Exercise prompt
Search the data for "from". Return each matching line.

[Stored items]
[Start of Attachment]

//! Lanes that their gate stops: whole runs of a hand-over, and what a stopped lane notes.

ghost use Rattle.std.specs.Prelude.{◌≡◌, [], ◌∷◌, Some, None, false};
ghost use Rattle.pool_law.specs.declared.command.Command.TheVariants.{Alloc, Send, Recv, Release};
ghost use Rattle.pool_law.specs.declared.run.Reply.{Reply};
ghost use Rattle.pool_law.specs.LaneLaw.{before_stop, stopped_run};
ghost use Rattle.pool_law.specs.Legal.{IsLegal};
ghost use Rattle.pool_law.specs.Text.{text_of};
ghost use Rattle.definition_rows.specs.Notes.{lines, mail, post, post_nothing, fetch_nothing};
ghost use Rattle.definition_rows.specs.Entries.{alone};
ghost use Rattle.definition_rows.specs.LaneRuns.{whole_four};
ghost use Rattle.definition_rows.specs.StopRuns.{stopped_receiver, stopped_sender};

/// The lane that receives is stopped at its first command. Nobody fetches the parcel.
pub fn stopped_receiver_run()
    ensures legal { IsLegal stopped_receiver }
    ensures text { text_of stopped_receiver false ≡ lines
        ("0.0 alloc ok 16 0.0+0"
        ∷ "0.1 set ok"
        ∷ "0.2 send ok"
        ∷ "1.0 recv stopped"
        ∷ "1.1 get stopped"
        ∷ "1.2 release stopped"
        ∷ "chunk 0.0 qInit used 8192 free 4186112"
        ∷ "leak 0.1 capacity 4 count 1 records 0 dropped 0"
        ∷ "end roots 1 live 1 leaks 1"
        ∷ []) }
{}

/// The lane that sends is stopped at its send, which posts an empty parcel.
pub fn stopped_sender_run()
    ensures legal { IsLegal stopped_sender }
    ensures text { text_of stopped_sender false ≡ lines
        ("0.0 alloc ok 16 0.0+0"
        ∷ "0.1 set ok"
        ∷ "0.2 send stopped"
        ∷ "1.0 recv nothing"
        ∷ "1.1 get unbound"
        ∷ "1.2 release unbound"
        ∷ "chunk 0.0 qInit used 8192 free 4186112"
        ∷ "leak 0.1 capacity 4 count 1 records 0 dropped 0"
        ∷ "end roots 1 live 1 leaks 1"
        ∷ []) }
{}

/// A stopped lane answers every command that it is stopped. It notes nothing but its sends.
pub fn stopped_lanes()
    ensures never { before_stop (Reply.Ok ∷ Reply.Freed ∷ []) ≡ 2 }
    ensures at_once { before_stop (Reply.Stopped ∷ Reply.Stopped ∷ []) ≡ 0 }
    ensures after_one { before_stop (Reply.Ok ∷ Reply.Stopped ∷ []) ≡ 1 }
    ensures send { stopped_run 0 (Alloc 0 8 ∷ Send 0 1 ∷ Release 0 ∷ [])
        ([] ∷ (alone (mail 0 1 1 post_nothing) ∷ []) ∷ [] ∷ [])
        ≡ Some (Reply.Stopped ∷ Reply.Stopped ∷ Reply.Stopped ∷ []) }
    ensures not_silent { stopped_run 0 (Send 0 1 ∷ []) ([] ∷ []) ≡ None }
    ensures no_view { stopped_run 0 (Send 0 1 ∷ [])
        ((alone (mail 0 1 1 (post whole_four)) ∷ []) ∷ []) ≡ None }
    ensures no_fetch { stopped_run 0 (Recv 0 1 ∷ [])
        ((alone (mail 1 0 1 fetch_nothing) ∷ []) ∷ []) ≡ None }
{}
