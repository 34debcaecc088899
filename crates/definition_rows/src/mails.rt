//! What may be posted to a mail, and what may be fetched from it: first in, first out.

ghost use Rattle.std.specs.Prelude.{[], ◌∷◌};
ghost use Rattle.definition_rows.specs.Notes.{mail, post_nothing, fetch_nothing};
ghost use Rattle.definition_rows.specs.MailPlays.{sends_four, gets_four, sends_nothing, gets_nothing, two_sent, Holds};

/// The parcels come in the order in which they were sent, as far as they are fetched.
pub fn mails_in_order()
    ensures all { Holds two_sent (gets_four 1 2 ∷ gets_nothing 2 ∷ []) }
    ensures first { Holds two_sent (gets_four 1 2 ∷ []) }
    ensures unfetched { Holds two_sent [] }
    ensures unused { Holds [] [] }
    ensures beside_another { Holds (sends_nothing 1 ∷ mail 0 2 7 post_nothing ∷ [])
        (mail 1 0 7 fetch_nothing ∷ gets_nothing 1 ∷ []) }
{}

/// A parcel is fetched once, in its turn, with the number of its post, and as it was sent.
pub fn forged_fetches_are_refused()
    ensures twice { Holds two_sent (gets_four 1 2 ∷ gets_four 1 2 ∷ []) → ⊥ }
    ensures twice_in_turn { Holds two_sent (gets_four 1 2 ∷ gets_four 2 2 ∷ []) → ⊥ }
    ensures second_first { Holds two_sent (gets_nothing 2 ∷ gets_four 1 2 ∷ []) → ⊥ }
    ensures second_alone { Holds two_sent (gets_nothing 2 ∷ []) → ⊥ }
    ensures second_as_first { Holds two_sent (gets_nothing 1 ∷ []) → ⊥ }
    ensures of_other_content { Holds two_sent (gets_four 1 0 ∷ []) → ⊥ }
    ensures number_skipped { Holds two_sent (gets_four 1 2 ∷ gets_nothing 3 ∷ []) → ⊥ }
    ensures nobody_posted { Holds [] (gets_nothing 1 ∷ []) → ⊥ }
    ensures one_too_many { Holds (sends_nothing 1 ∷ []) (gets_nothing 1 ∷ gets_nothing 2 ∷ []) → ⊥ }
{}

/// The posts of a mail are numbered from one on, in the order of the log.
pub fn forged_posts_are_refused()
    ensures number_skipped { Holds (sends_nothing 1 ∷ sends_nothing 3 ∷ []) [] → ⊥ }
    ensures number_twice { Holds (sends_nothing 1 ∷ sends_nothing 1 ∷ []) [] → ⊥ }
    ensures out_of_order { Holds (sends_nothing 2 ∷ sends_nothing 1 ∷ []) [] → ⊥ }
    ensures behind_the_fetches { Holds (sends_nothing 1 ∷ sends_nothing 3 ∷ [])
        (gets_nothing 1 ∷ gets_nothing 3 ∷ []) → ⊥ }
{}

[End of Attachment]

Problem solution
//! What may be posted to a mail, and what may be fetched from it: first in, first out.
/// The posts of a mail are numbered from one on, in the order of the log.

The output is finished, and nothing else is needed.